SDCOR Synthetic Datasets

Published: 04-08-2020| Version 4 | DOI: 10.17632/p4tx2k852r.4
Contributor:
Sayyed-Ahmad Naghavi-Nozad

Description

SDCOR: Scalable Density-based Clustering for Local Outlier Detection in Massive-Scale Datasets Link to arXiv e-print: https://arxiv.org/pdf/2006.07616.pdf This paper presents a method for local outlier detection in massive-scale datasets, which is based on a batch-wise density-based clustering approach. SDCOR consists of three major phases: 1) Sampling; 2) Scalable Clustering; and 3) Scoring. In the Sampling phase, a preliminary random sampling is conducted to obtain an abstraction of the entire data, named temporary clustering model; and also to acquire some information over the necessary parameters for the clustering procedures.
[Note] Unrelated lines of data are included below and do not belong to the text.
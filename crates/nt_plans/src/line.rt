//! The lines of a script, by lanes.
ghost use Rattle.std.specs.Prelude.{◌≡◌, ◌+◌, ◌++◌, ◌<◌, ◌^◌, [], replicate, slice_index_or, IfOk, IfSome, OnOk};
ghost use Rattle.nt_plans.specs.Gates.{whole_line, with_text};
ghost use Rattle.nt_plans.specs.Kept.{texts_of};

use nt_lines::{first_word, text_of};
use std::alloc::{AllocError, Global};

/// A line of a lane.
#[derive(Drop)]
pub struct Line {
    /// Its number in the script, from 1 on.
    pub number: u64,
    /// Its words, with a space between two.
    pub text: Vec<u8>,
    /// All of it, as it stands, without its LF.
    pub bytes: Vec<u8>,
}

/// Puts the words of a text, with a space between two.
fn put_words(out: &mut Vec<u8>, text: &[u8]) -> Result<(), AllocError> {
    let mut left = text;
    for _word in 0..text.len() {
        let Some((word, rest)) = first_word(left) else {
            return Ok(());
        };
        if !out.is_empty() {
            out.push(b' ')?;
        }
        out.extend_from_slice(word)?;
        left = rest;
    }
    Ok(())
}

/// The words of a line, with a space between two.
fn words_of(alloc: Global, line: &[u8]) -> Result<Vec<u8>, AllocError> {
    let mut text = Vec::new(alloc);
    if let Some(said) = text_of(line) {
        put_words(&mut text, said)?;
    }
    Ok(text)
}

/// A line of a lane, with this number.
pub fn line_of(alloc: Global, number: u64, line: &[u8]) -> Result<Line, AllocError>
    ensures { IfOk result (λ made. (made.number ≡ number) × (made.bytes.items ≡ line.now)) }
{
    Ok(Line {
        number,
        text: words_of(alloc, line)?,
        bytes: Vec::from_slice(alloc, line)?,
    })
}

/// No line yet, in each of `count` lanes.
pub(crate) fn no_lines(alloc: Global, count: usize) -> Result<Vec<Vec<Line>>, AllocError>
    ensures { IfOk result (λ lines. texts_of lines.items ≡ replicate count []) }
{
    let mut lines = Vec::with_capacity(alloc, count)?;
    for _ in 0..count {
        lines.push_reserved(Vec::new(alloc));
    }
    Ok(lines)
}

/// Puts the line last in its lane, if there is that lane.
#[tactic(auto, using(crate::proofs::Lines::texts_added))]
pub(crate) fn push_line(lines: &mut Vec<Vec<Line>>, lane: u32, line: Line) -> Result<(), AllocError>
    ensures { OnOk result (texts_of lines.new.items
        ≡ with_text (texts_of lines.old.items) lane line.bytes.items) }
{
    if lane as usize >= lines.len() {
        return Ok(());
    }
    lines[lane as usize].push(line)?;
    Ok(())
}

/// The lane's line at this place, as it stands.
#[tactic(auto, using(crate::proofs::Lines::bytes_there))]
pub fn bytes_at(lines: &[Vec<Line>], lane: u32, place: usize) -> Option<&[u8]>
    ensures bytes { IfSome result (λ bytes.
        bytes.now ≡ slice_index_or (slice_index_or (texts_of lines.now) lane []) place []) }
    ensures few { IfSome result (λ bytes. place + 1 < 2 ^ 64) }
{
    if lane as usize >= lines.len() {
        return None;
    }
    let own = lines[lane as usize].as_slice();
    if place >= own.len() {
        return None;
    }
    Some(own[place].bytes.as_slice())
}

/// Puts a line as it stands, with an LF.
pub fn put_whole(out: &mut Vec<u8>, line: &[u8]) -> Result<(), AllocError>
    ensures { OnOk result (out.new.items ≡ out.old.items ++ whole_line line.now) }
{
    out.extend_from_slice(line)?;
    out.extend_from_slice(b"\n")
}
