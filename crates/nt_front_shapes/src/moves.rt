//! Calls of a thread, counted. Each is inlined into its shape's loop, so that a round has no calls of the bench's own.
use crate::told::Measurement;
use nt_core::{Act, Reply, WaitCall, WaitMode};
use nt_front::{Begun, Front, Named, Pass, Waited};
use nt_status::{Handle, Handles, INFINITE, Status};
use std::alloc::Global;
use std::sync::Wait;
use std::time::{Clock, Instant};

pub fn now(clock: &impl Clock) -> Option<Instant> {
    Instant::now(clock).ok()
}

pub fn nanos_since(clock: &impl Clock, began: Option<Instant>) -> u128 {
    match began {
        Some(began) => match began.elapsed(clock) {
            Ok(took) => took.as_nanos(),
            Err(_) => 0,
        },
        None => 0,
    }
}

/// Makes a call that never pends, and expects that it is accepted.
#[inline(always)]
pub fn call<N: Named, R: Wait>(
    rt: &R,
    front: &Front<N>,
    pass: &mut Pass<N>,
    act: Act,
    told: &mut Measurement,
) {
    match front.call(rt, pass, act) {
        Ok(receipt) => told.called(receipt.result.is_ok()),
        Err(_) => told.wrong(),
    }
}

/// A wait for all or any of these objects.
#[inline(always)]
pub fn objects(alloc: Global, handles: &[Handle], all: bool, ms: u32) -> Option<WaitCall> {
    let handles = Handles::from_slice(alloc, handles).ok()?;
    let mode = WaitMode {
        ms,
        alertable: false,
    };
    Some(WaitCall::Objects { handles, all, mode })
}

/// Waits for the object until it is granted.
#[inline(always)]
pub fn wait_for<N: Named, R: Wait>(
    rt: &R,
    alloc: Global,
    front: &Front<N>,
    pass: Pass<N>,
    object: Handle,
    told: &mut Measurement,
) -> Pass<N> {
    match objects(alloc, &[object], false, INFINITE) {
        Some(asked) => wait(rt, front, pass, asked, told),
        None => {
            told.wrong();
            pass
        }
    }
}

/// Waits until the wait has ended.
#[inline(always)]
pub fn wait<N: Named, R: Wait>(
    rt: &R,
    front: &Front<N>,
    pass: Pass<N>,
    asked: WaitCall,
    told: &mut Measurement,
) -> Pass<N> {
    match front.wait(rt, pass, asked) {
        Waited::Done(pass, receipt) => {
            told.called(receipt.result.is_ok());
            pass
        }
        Waited::Granted(pass, _, granted) => {
            told.called(granted.result.is_ok());
            told.granted();
            pass
        }
        Waited::NoRoom(pass) => {
            told.wrong();
            pass
        }
    }
}

/// Waits with timeout 0, and expects this status.
#[inline(always)]
pub fn try_wait<N: Named, R: Wait>(
    rt: &R,
    alloc: Global,
    front: &Front<N>,
    pass: Pass<N>,
    handles: &[Handle],
    expected: Status,
    told: &mut Measurement,
) -> Pass<N> {
    let Some(asked) = objects(alloc, handles, false, 0) else {
        told.wrong();
        return pass;
    };
    match front.begin(rt, pass, asked) {
        Begun::Done(pass, receipt) => {
            told.called(receipt.result == Ok(Reply::Status(expected)));
            pass
        }
        Begun::Pended(sleeper, _) => {
            told.wrong();
            let (pass, _) = front.sleep(rt, sleeper);
            pass
        }
        Begun::NoRoom(pass) => {
            told.wrong();
            pass
        }
    }
}
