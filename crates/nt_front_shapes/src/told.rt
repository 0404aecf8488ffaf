//! What a shape did, and why it could not.
use nt_status::Refusal;
use std::alloc::AllocError;

/// Why a bench can't go on.
#[derive(Clone, Copy, Debug)]
pub enum FrontBenchFault {
    Memory,
    Refused(Refusal),
    /// A call answered something else than the shape expects.
    Wrong,
    Usage,
    Output,
}

impl From<AllocError> for FrontBenchFault {
    fn from(_: AllocError) -> FrontBenchFault {
        FrontBenchFault::Memory
    }
}

impl From<Refusal> for FrontBenchFault {
    fn from(refusal: Refusal) -> FrontBenchFault {
        FrontBenchFault::Refused(refusal)
    }
}

/// How many calls were made and how many grants taken, how many answers were others than expected, and how long it took.
#[derive(Clone, Copy, Default)]
pub struct Measurement {
    pub calls: u64,
    pub grants: u64,
    pub wrong: u64,
    pub nanos: u128,
}

impl Measurement {
    /// A call that answered as expected, or not.
    pub fn called(&mut self, is_right: bool) {
        self.calls = self.calls.wrapping_add(1);
        if !is_right {
            self.wrong = self.wrong.wrapping_add(1);
        }
    }

    pub fn granted(&mut self) {
        self.grants = self.grants.wrapping_add(1);
    }

    pub fn wrong(&mut self) {
        self.wrong = self.wrong.wrapping_add(1);
    }

    /// Forgets the calls that set the stage, but not the wrong answers.
    pub fn begin(&mut self) {
        self.calls = 0;
        self.grants = 0;
    }

    /// Adds what another thread did in the same time.
    pub fn join(&mut self, other: Measurement) {
        self.calls = self.calls.wrapping_add(other.calls);
        self.grants = self.grants.wrapping_add(other.grants);
        self.wrong = self.wrong.wrapping_add(other.wrong);
    }
}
Then, the Scalable Clustering phase will commence and the input data will be processed in chunks; as by processing successive chunks, the temporary clustering model gets gradual updates, till it turns into the final clustering model after processing the last chunk. Ultimately, at the last phase of the algorithm, regarding the final clustering model attained through the batch-wise clustering, and by employing the Mahalanobis distance criterion, each object is given an outlying score called SDCOR, which is equal to its local Mahalanobis distance. Each synthetic dataset in this repository is made of some Gaussian clusters with arbitrary mean vectors, far enough from each other, to impede probable overlappings among multidimensional clusters. For each of these artificial datasets, a specific amount of outliers are added around every cluster in the corresponding data; and moreover, the outliers "truth" is available along with each synthetic data. For every artificial dataset, there is a n-by-p matrix of dataset X (as n and p stand for the cardinality and dimensionality of the input data, respectively), along with the n-by-1 vector y of outlier labels, all together as a single binary MAT-file. We have implemented our code in MATLAB 9, which due to becoming reproducible, is accessible through our GitHub page (https://github.com/sana33/SDCOR). Finally, if you are interested in the idea or you are using this data for your research, please cite our paper as: @article{naghavi2020sdcor, title={SDCOR: Scalable Density-based Clustering for Local Outlier Detection in Massive-Scale Datasets}, author={Naghavi-Nozad, Sayyed-Ahmad and Haeri, Maryam Amir and Folino, Gianluigi}, journal={arXiv preprint arXiv:2006.07616}, year={2020} } Thanks a lot ...

Files

Steps to reproduce

One can load each dataset through MATLAB software and apply any kind of data preprocessing to it, in any way they prefer.